The output should be every line below that includes the word "which".

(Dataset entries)
---

//! The operations that are timed.

ghost use Rattle.std.specs.Prelude.{⊤, ◌<◌};
ghost use Rattle.brc_count.specs.Frames.{IsUnlocked, Owns};
ghost use Rattle.brc_count.specs.Owned.{Keeps};
ghost use Rattle.brc_handles.specs.Handles.{OwnsEach};
ghost use Rattle.brc_loops.specs.Held.{each_still};

use brc_count::biased::HasTable;
use brc_count::{Frame, Handle};
use brc_handles::Handles;
use brc_loops::{Source, Task, repeat};
use brc_things::{new_int, new_text};
use brc_words::Text;
use std::alloc::Allocator;

/// What is done with one object, of which the thread has a handle.
pub trait Operation<H: HasTable<A>, A: Allocator> {
    /// It is done once, after so many times before; None where it fails.
    fn run_on(&self, frame: &mut Frame<H, A>, handle: &Handle<A>, before: u64) -> Option<()>
        requires owned { Owns frame.old handle.now }
        requires unlocked { IsUnlocked frame.old }
        ensures keeps { Keeps frame.old frame.new }
        ensures unlocked { IsUnlocked frame.new };
}

/// On the handle's object the operation is done at each turn.
#[derive(Drop)]
pub struct On<'h, O, A: Allocator>(pub &'h Handle<A>, pub O);

impl<'h, O: Operation<H, A>, H: HasTable<A>, A: Allocator> Task<H, A> for On<'h, O, A> {
    ghost ready = { λ on frame. Owns frame on.0.now };

    ghost stays = { λ on old new keeps owned. keeps.owns on.0.now owned };

    #[inline(always)]
    fn run(&self, frame: &mut Frame<H, A>, before: u64) -> Option<()> {
        self.1.run_on(frame, self.0, before)
    }
}

/// One reference more to the object, and one less.
#[derive(Clone, Copy)]
pub struct Pair;

impl<H: HasTable<A>, A: Allocator> Operation<H, A> for Pair {
    #[inline(always)]
    fn run_on(&self, frame: &mut Frame<H, A>, handle: &Handle<A>, _before: u64) -> Option<()> {
        let more = frame.retain(handle).ok()?;
        frame.release(more);
        Some(())
    }
}

/// An operation, with a poll after each 256th.
#[derive(Drop)]
pub struct Polled<O> {
    pub operation: O,
}

impl<O: Operation<H, A>, H: HasTable<A>, A: Allocator> Operation<H, A> for Polled<O> {
    #[inline(always)]
    fn run_on(&self, frame: &mut Frame<H, A>, handle: &Handle<A>, before: u64) -> Option<()> {
        self.operation.run_on(frame, handle, before)?;
        if before % 256 == 0 {
            frame.poll();
        }
        Some(())
    }
}

/// One of 256 numbers, far from that of the turn before: by such steps each has its turn.
#[inline(always)]
pub fn strewn(turn: u64) -> u64
    ensures { result < 256 }
{
    turn % 256 * 37 % 256
}

/// In which order many objects have their turns.
#[derive(Clone, Copy)]
pub enum Order {
    /// By their numbers.
    InTurn,
    /// 256 of them, each far from the one before.
    Strewn,
}

/// A pair on the object whose turn it is; it fails where there is none.
#[derive(Drop)]
pub struct PairOf<'h, A: Allocator> {
    pub handles: &'h Handles<A>,
    pub order: Order,
}

impl<'h, H: HasTable<A>, A: Allocator> Task<H, A> for PairOf<'h, A> {
    ghost ready = { λ pair frame. OwnsEach frame pair.handles.now };

    ghost stays = { λ pair. each_still pair.handles.now };

    #[inline(always)]
    fn run(&self, frame: &mut Frame<H, A>, before: u64) -> Option<()> {
        let number = match self.order {
            Order::InTurn => before,
            Order::Strewn => strewn(before),
        };
        let handle = self.handles.get(number as usize)?;
        Pair.run_on(frame, handle, before)
    }
}

/// A task, so many times at each turn.
#[derive(Drop)]
struct Times<T> {
    task: T,
    count: u64,
}

impl<T: Task<H, A>, H: HasTable<A>, A: Allocator> Task<H, A> for Times<T> {
    ghost ready = { λ times frame. T.ready times.task frame };

    ghost stays = { λ times. T.stays times.task };

    #[inline(always)]
    fn run(&self, frame: &mut Frame<H, A>, _before: u64) -> Option<()> {
        repeat(&self.task, frame, self.count)
    }
}

/// So many pairs on these objects in turn; None where there is no object.
pub fn pairs_in_turn<H: HasTable<A>, A: Allocator>(
    frame: &mut Frame<H, A>,
    handles: &Handles<A>,
    n: u64,
) -> Option<()>
    requires each { OwnsEach frame.old handles.now }
    requires unlocked { IsUnlocked frame.old }
    ensures keeps { Keeps frame.old frame.new }
    ensures unlocked { IsUnlocked frame.new }
{
    let count = handles.len() as u64;
    if count == 0 {
        return None;
    }
    let order = Order::InTurn;
    let task = PairOf { handles, order };
    repeat(&Times { task, count }, frame, n / count)?;
    repeat(&PairOf { handles, order }, frame, n % count)
}

/// So many turns of work follow each object that is made.
pub const TURNS: usize = 64;

/// What the source has next is released, and taken apart.
#[derive(Drop)]
pub struct Ending<S> {
    pub source: S,
}

impl<S: Source<H, A>, H: HasTable<A>, A: Allocator> Task<H, A> for Ending<S> {
    ghost ready = { λ _ _. ⊤ };

    ghost stays = { λ _ _ _ _ ready. ready };

    #[inline(always)]
    fn run(&self, frame: &mut Frame<H, A>, before: u64) -> Option<()> {
        let object = self.source.next(frame, before)?;
        frame.release(object);
        frame.work(TURNS);
        Some(())
    }
}

/// New integers.
#[derive(Drop)]
pub struct Integers<A> {
    pub alloc: A,
}

impl<H: HasTable<A>, A: Allocator + Copy> Source<H, A> for Integers<A> {
    #[inline(always)]
    fn next(&self, frame: &mut Frame<H, A>, before: u64) -> Option<Handle<A>> {
        new_int(self.alloc, frame, 1_000 + (before % 65_536) as i64).ok()
    }
}

/// So many integers, each made, released, and taken apart; None where one can't be had. The loop has a function of its
/// own: beside others, or with texts, LLVM makes a call of taking the block off the worklist.
pub fn new_integers<H: HasTable<A>, A: Allocator + Copy>(
    alloc: A,
    frame: &mut Frame<H, A>,
    n: u64,
) -> Option<()>
    requires unlocked { IsUnlocked frame.old }
    ensures keeps { Keeps frame.old frame.new }
    ensures unlocked { IsUnlocked frame.new }
{
    let source = Integers { alloc };
    repeat(&Ending { source }, frame, n)
}

/// New texts of sixteen bytes.
#[derive(Drop)]
pub struct Texts16<A> {
    pub alloc: A,
}

impl<H: HasTable<A>, A: Allocator + Copy> Source<H, A> for Texts16<A> {
    #[inline(always)]
    fn next(&self, frame: &mut Frame<H, A>, _before: u64) -> Option<Handle<A>> {
        let bytes = String::from_str(self.alloc, "sixteen bytes ..").ok()?;
        new_text(self.alloc, frame, Text::new(bytes)).ok()
    }
}
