//! Containers, filled before what is timed, or while it is.

ghost use Rattle.std.specs.Prelude.{◌≡◌, ◌≢◌};
ghost use Rattle.brc_count.specs.Frames.{IsUnlocked, Owns};
ghost use Rattle.brc_count.specs.Owned.{Loses};

use crate::dicts::key_of;
use crate::operations::{Operation, TURNS};
use brc_count::biased::HasTable;
use brc_count::{Frame, Handle};
use brc_loops::{Source, Task, repeat};
use brc_things::{dict_put, list_push, new_dict, new_int, new_list, new_mailbox};
use brc_words::{GLOBALS, Key};
use std::alloc::Allocator;
use std::sync::Wait;

/// Where a reference goes in a container.
#[derive(Drop)]
pub enum Spot<A: Allocator> {
    /// To a list's end.
    End,
    /// Beside a dictionary's new key.
    Beside(Key<A>),
}

/// What an object is.
#[derive(Clone, Copy)]
pub enum Kind {
    Int,
    List,
    Dict,
    /// The dictionary of cell 265.
    Globals,
    Mailbox,
}

impl Kind {
    /// Where the next reference goes in such a container, after so many before: beside the next of 256 keys, or in the
    /// globals under the number of the next thread from 1 on.
    #[inline(always)]
    fn spot<A: Allocator>(self, before: u64) -> Spot<A> {
        match self {
            Kind::Dict => Spot::Beside(key_of(before % 256)),
            Kind::Globals => Spot::Beside(Key::Int(1 + (before % 65_536) as i64)),
            _ => Spot::End,
        }
    }
}

/// Objects of this kind, each new but for the globals.
#[derive(Drop)]
pub struct Objects<A> {
    pub alloc: A,
    pub kind: Kind,
}

impl<H: HasTable<A>, A: Allocator + Copy> Source<H, A> for Objects<A> {
    fn next(&self, frame: &mut Frame<H, A>, _before: u64) -> Option<Handle<A>> {
        match self.kind {
            Kind::Int => new_int(self.alloc, frame, 1_000).ok(),
            Kind::List => new_list(self.alloc, frame).ok(),
            Kind::Dict => new_dict(self.alloc, frame).ok(),
            Kind::Globals => frame.immortal(GLOBALS).ok(),
            Kind::Mailbox => new_mailbox(self.alloc, frame).ok(),
        }
    }
}

/// The value's reference goes beside the key, which is new; where that fails, no reference is left, and the answer is None.
/// It is a function of its own, so that pushes to lists stay small.
#[inline(never)]
fn put_beside<R: Wait, H: HasTable<A>, A: Allocator + Copy>(
    rt: &R,
    frame: &mut Frame<H, A>,
    dict: &Handle<A>,
    key: Key<A>,
    value: Handle<A>,
) -> Option<()>
    requires owned { Owns frame.old dict.now }
    requires value_owned { Owns frame.old value }
    requires apart { value.place ≢ dict.now.place }
    requires unlocked { IsUnlocked frame.old }
    ensures loses { Loses frame.old frame.new value }
    ensures unlocked { IsUnlocked frame.new }
{
    match dict_put(rt, frame, dict, key, value) {
        Err(handed) => {
            frame.release(handed.value.1);
            None
        }
        Ok(Some(other)) => {
            frame.release(other);
            None
        }
        Ok(None) => Some(()),
    }
}

/// The value's reference goes into the container; where that fails, no reference is left, and the answer is None.
#[inline(always)]
pub fn put_in<R: Wait, H: HasTable<A>, A: Allocator + Copy>(
    rt: &R,
    frame: &mut Frame<H, A>,
    container: &Handle<A>,
    spot: Spot<A>,
    value: Handle<A>,
) -> Option<()>
    requires owned { Owns frame.old container.now }
    requires value_owned { Owns frame.old value }
    requires apart { value.place ≢ container.now.place }
    requires unlocked { IsUnlocked frame.old }
    ensures loses { Loses frame.old frame.new value }
    ensures unlocked { IsUnlocked frame.new }
{
    match spot {
        Spot::End => match list_push(rt, frame, container, value) {
            Err(handed) => {
                frame.release(handed.value);
                None
            }
            Ok(()) => Some(()),
        },
        Spot::Beside(key) => put_beside(rt, frame, container, key, value),
    }
}

/// One reference more to the value goes into the container, which is of this kind.
#[derive(Drop)]
pub struct Adding<'h, R, A: Allocator> {
    pub rt: &'h R,
    pub kind: Kind,
    pub container: &'h Handle<A>,
    pub value: &'h Handle<A>,
}

impl<'h, R: Wait, H: HasTable<A>, A: Allocator + Copy> Task<H, A> for Adding<'h, R, A> {
    ghost ready = { λ adding frame. Owns frame adding.container.now × Owns frame adding.value.now };

    ghost stays = { λ adding old new keeps owned.
        (keeps.owns adding.container.now owned.0, keeps.owns adding.value.now owned.1) };

    #[inline(always)]
    fn run(&self, frame: &mut Frame<H, A>, before: u64) -> Option<()> {
        let more = frame.retain(self.value).ok()?;
        put_in(self.rt, frame, self.container, self.kind.spot(before), more)
    }
}

/// New containers, each of so many references to one integer.
#[derive(Drop)]
pub struct Full<'r, R, A> {
    rt: &'r R,
    alloc: A,
    kind: Kind,
    count: u64,
}

impl<'r, R, A> Full<'r, R, A> {
    /// Of this kind, and of so many references each.
    pub fn new(rt: &'r R, alloc: A, kind: Kind, count: u64) -> Full<'r, R, A> {
        Full {
            rt,
            alloc,
            kind,
            count,
        }
    }
}

impl<'r, R: Wait, H: HasTable<A>, A: Allocator + Copy> Source<H, A> for Full<'r, R, A> {
    fn next(&self, frame: &mut Frame<H, A>, before: u64) -> Option<Handle<A>> {
        let alloc = self.alloc;
        let kind = self.kind;
        let container = Objects { alloc, kind }.next(frame, before)?;
        let Ok(value) = new_int(alloc, frame, 1_000) else {
            frame.release(container);
            return None;
        };
        let adding = Adding {
            rt: self.rt,
            kind,
            container: &container,
            value: &value,
        };
        let filled = repeat(&adding, frame, self.count);
        frame.release(value);
        if filled.is_none() {
            frame.release(container);
            return None;
        }
        Some(container)
    }
}

/// A list of ten references to the object is made, released, and taken apart.
#[derive(Drop)]
pub struct NewList10<'r, R, A> {
    pub rt: &'r R,
    pub alloc: A,
}

impl<'r, R: Wait, H: HasTable<A>, A: Allocator + Copy> Operation<H, A> for NewList10<'r, R, A> {
    #[inline(always)]
    fn run_on(&self, frame: &mut Frame<H, A>, value: &Handle<A>, _before: u64) -> Option<()> {
        let list = new_list(self.alloc, frame).ok()?;
        let adding = Adding {
            rt: self.rt,
            kind: Kind::List,
            container: &list,
            value,
        };
        let filled = repeat(&adding, frame, 10);
        frame.release(list);
        frame.work(TURNS);
        filled
    }
}
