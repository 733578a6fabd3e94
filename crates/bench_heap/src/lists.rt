//! A list, pushed to and popped from while it is timed.

ghost use Rattle.std.specs.Prelude.{◌≡◌, ◌≢◌};
ghost use Rattle.brc_count.specs.Frames.{Owns};

use crate::operations::Operation;
use brc_count::biased::HasTable;
use brc_count::{Frame, Handle};
use brc_loops::{Passing, pass_on};
use brc_things::{list_pop, list_push, new_int};
use std::alloc::Allocator;
use std::sync::Wait;

/// A value, which is pushed to the list at each turn, and the list's last entry popped.
struct PushingAndPopping<'h, R, A: Allocator> {
    rt: &'h R,
    list: &'h Handle<A>,
    value: Handle<A>,
}

impl<'h, R: Wait, H: HasTable<A>, A: Allocator> Passing<H, A> for PushingAndPopping<'h, R, A> {
    ghost held = { λ it. it.value };

    ghost ready = { λ it frame. Owns frame it.list.now × (it.value.place ≢ it.list.now.place) };

    #[inline(always)]
    fn pass(self, frame: &mut Frame<H, A>, _before: u64) -> Option<Self> {
        let PushingAndPopping { rt, list, value } = self;
        if let Err(handed) = list_push(rt, frame, list, value) {
            frame.release(handed.value);
            return None;
        }
        let value = list_pop(rt, frame, list).ok()?;
        Some(PushingAndPopping { rt, list, value })
    }
}

/// So many pushes, each with a pop: first of an integer of the thread's own, then of what came out before.
#[derive(Drop)]
pub struct PushesAndPops<'r, R, A> {
    pub rt: &'r R,
    pub alloc: A,
    pub n: u64,
}

impl<'r, R: Wait, H: HasTable<A>, A: Allocator + Copy> Operation<H, A> for PushesAndPops<'r, R, A> {
    #[inline(never)]
    fn run_on(&self, frame: &mut Frame<H, A>, list: &Handle<A>, _before: u64) -> Option<()> {
        let rt = self.rt;
        let value = new_int(self.alloc, frame, 1_000).ok()?;
        let turning = PushingAndPopping { rt, list, value };
        let PushingAndPopping {
            rt: _rt,
            list: _list,
            value,
        } = pass_on(turning, frame, self.n)?;
        frame.release(value);
        Some(())
    }
}
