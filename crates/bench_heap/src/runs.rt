//! The cases: threads on one heap, each with what it is to do.

ghost use Rattle.std.specs.Prelude.{◌≡◌, IfOk};
ghost use Rattle.std.specs.List.{All};

use crate::globals::Giving;
use crate::leavers::{Timing, clears, times_of_lives};
use crate::letters::{Post, SENDERS};
use crate::lives::{Asked, CELLS, Timed};
use crate::request::Case;
use crate::timing::{Span, Times, refused, times_of};
use brc_loops::{Ended, end_all, rest_more, run_all};
use brc_thread::{Heap, Options, Resting, Root, give_back, take_apart};
use std::alloc::Global;
use std::io;
use std::rt::Clock;
use std::sync::Wait;
use std::thread::Threads;
use std::time::CpuClock;

/// The threads, each of which has given what it gives and is at rest.
fn rested<R: Wait>(
    rt: &R,
    alloc: Global,
    heap: &Heap<Global>,
    root: &mut Root<Global>,
    asked: Asked,
) -> io::Result<Vec<Resting<Global>>>
    requires heap { root.old.table ≡ heap.now.table }
    ensures heap { IfOk result (λ all. All (λ resting. resting.heap ≡ heap.now) all.items) }
    ensures root { root.new.table ≡ root.old.table }
{
    let mut all = Vec::new(alloc);
    let task = Giving { rt, alloc, asked };
    match rest_more(rt, alloc, heap, root, &task, asked.threads as u64, &mut all) {
        Some(()) => Ok(all),
        None => {
            end_all(rt, root, heap, all);
            Err(refused())
        }
    }
}

/// What a run answers.
#[derive(Clone, Copy)]
pub struct Answer {
    pub times: Times,
    /// How many objects all threads together have made.
    pub allocs: u64,
    /// How many cells they have given back.
    pub frees: u64,
}

/// What all threads together found.
fn answer_of(alloc: Global, all: Vec<Ended<io::Result<Option<Span>>>>) -> io::Result<Answer> {
    let mut spans = Vec::new(alloc);
    let mut allocs: u64 = 0;
    let mut frees: u64 = 0;
    for one in all {
        let Ended { answer, retired } = one;
        if let Some(span) = answer? {
            spans.push(span)?;
        }
        let ledger = retired.ledger();
        allocs = allocs.wrapping_add(ledger.allocs);
        frees = frees.wrapping_add(ledger.frees);
    }
    Ok(Answer {
        times: times_of(spans.as_slice()),
        allocs,
        frees,
    })
}

/// They live; where memory is missing for that, they end here.
fn lived<R: Threads + Wait + Clock + CpuClock + Sync>(
    rt: &R,
    heap: &Heap<Global>,
    root: &mut Root<Global>,
    timed: &Timed<'_>,
    all: Vec<Resting<Global>>,
) -> io::Result<Vec<Ended<io::Result<Option<Span>>>>>
    requires heap { root.old.table ≡ heap.now.table }
    requires all { All (λ resting. resting.heap ≡ heap.now) all.items }
    ensures root { root.new.table ≡ root.old.table }
{
    match run_all(rt, heap, timed, all) {
        Ok(ended) => Ok(ended),
        Err(all) => {
            end_all(rt, root, heap, all);
            Err(refused())
        }
    }
}

/// The busy threads live, and the idle ones after them.
fn answer_of_both<R: Threads + Wait + Clock + CpuClock + Sync>(
    rt: &R,
    alloc: Global,
    heap: &Heap<Global>,
    root: &mut Root<Global>,
    asked: Asked,
    busy: Vec<Resting<Global>>,
    owning: Asked,
    idle: Vec<Resting<Global>>,
) -> io::Result<Answer>
    requires heap { root.old.table ≡ heap.now.table }
    requires busy { All (λ resting. resting.heap ≡ heap.now) busy.items }
    requires idle { All (λ resting. resting.heap ≡ heap.now) idle.items }
    ensures root { root.new.table ≡ root.old.table }
{
    let post = Post::new();
    let timed = Timed {
        alloc,
        post: &post,
        asked,
    };
    let idling = Timed {
        alloc,
        post: &post,
        asked: owning,
    };
    match lived(rt, heap, root, &timed, busy) {
        Ok(mut all) => {
            for one in lived(rt, heap, root, &idling, idle)? {
                all.push(one)?;
            }
            answer_of(alloc, all)
        }
        Err(error) => {
            end_all(rt, root, heap, idle);
            Err(error)
        }
    }
}

/// Runs a case on this heap: the busy threads do, and the idle ones end after them.
fn answer_on<R: Threads + Wait + Clock + CpuClock + Sync>(
    rt: &R,
    alloc: Global,
    heap: &Heap<Global>,
    root: &mut Root<Global>,
    asked: Asked,
) -> io::Result<Answer>
    requires heap { root.old.table ≡ heap.now.table }
    ensures root { root.new.table ≡ root.old.table }
{
    let owners = match asked.case {
        Case::PairForeign => asked.threads,
        _ => 0,
    };
    let owning = Asked {
        idle: true,
        threads: owners,
        ..asked
    };
    let idle = rested(rt, alloc, heap, root, owning)?;
    match rested(rt, alloc, heap, root, asked) {
        Ok(busy) => answer_of_both(rt, alloc, heap, root, asked, busy, owning, idle),
        Err(error) => {
            end_all(rt, root, heap, idle);
            Err(error)
        }
    }
}

/// How many threads a case has.
fn threads_of(case: Case, threads: u32) -> u32 {
    match case {
        Case::Mail | Case::MailValue => SENDERS + 1,
        Case::Chain | Case::MakeChain | Case::MakeChainNear | Case::Wide => 1,
        Case::ClaimFull | Case::ClaimFullNear => 1,
        Case::ThreadLife { .. } | Case::Leave { .. } => 1,
        _ => threads,
    }
}

/// Runs lives of threads on this heap, one after the other; one thread more clears up after them.
fn answer_of_lives<R: Wait + Clock + CpuClock>(
    rt: &R,
    alloc: Global,
    heap: &Heap<Global>,
    root: &mut Root<Global>,
    timing: Timing,
    objects: u32,
    n: u64,
) -> io::Result<Answer>
    requires heap { root.old.table ≡ heap.now.table }
    ensures root { root.new.table ≡ root.old.table }
{
    let times = times_of_lives(rt, alloc, heap, root, timing, objects, n)?;
    match clears(rt, alloc, heap, root) {
        None => Err(refused()),
        Some(()) => {
            let ledger = root.ledger();
            Ok(Answer {
                times,
                allocs: ledger.allocs,
                frees: ledger.frees,
            })
        }
    }
}

/// How many cells the heap of a case has.
fn cells_of(case: Case) -> u32 {
    match case {
        Case::ThreadLife {
            objects: _objects,
            cells,
        } => cells,
        _ => CELLS,
    }
}

/// Runs a case on a heap of its own.
pub fn run_case<R: Threads + Wait + Clock + CpuClock + Sync>(
    rt: &R,
    alloc: Global,
    case: Case,
    threads: u32,
    n: u64,
) -> io::Result<Answer> {
    let options = Options {
        cells: cells_of(case),
        local_limit: 4_294_967_294,
    };
    let asked = Asked {
        case,
        idle: false,
        threads: threads_of(case, threads),
        n,
    };
    match Heap::new(alloc, options) {
        Err(_) => Err(refused()),
        Ok((heap, root)) => {
            let mut root = root;
            let answer = match case {
                Case::ThreadLife { objects, .. } => {
                    answer_of_lives(rt, alloc, &heap, &mut root, Timing::Lives, objects, n)
                }
                Case::Leave { objects } => {
                    answer_of_lives(rt, alloc, &heap, &mut root, Timing::Leaving, objects, n)
                }
                _ => answer_on(rt, alloc, &heap, &mut root, asked),
            };
            give_back(take_apart(heap, root));
            answer
        }
    }
}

---

Reply to the task –
/// What is done with one object, of which the thread has a handle.
/// In which order many objects have their turns.
/// The value's reference goes beside the key, which is new; where that fails, no reference is left, and the answer is None.
/// One reference more to the value goes into the container, which is of this kind.
/// A value, which is pushed to the list at each turn, and the list's last entry popped.
/// The threads, each of which has given what it gives and is at rest.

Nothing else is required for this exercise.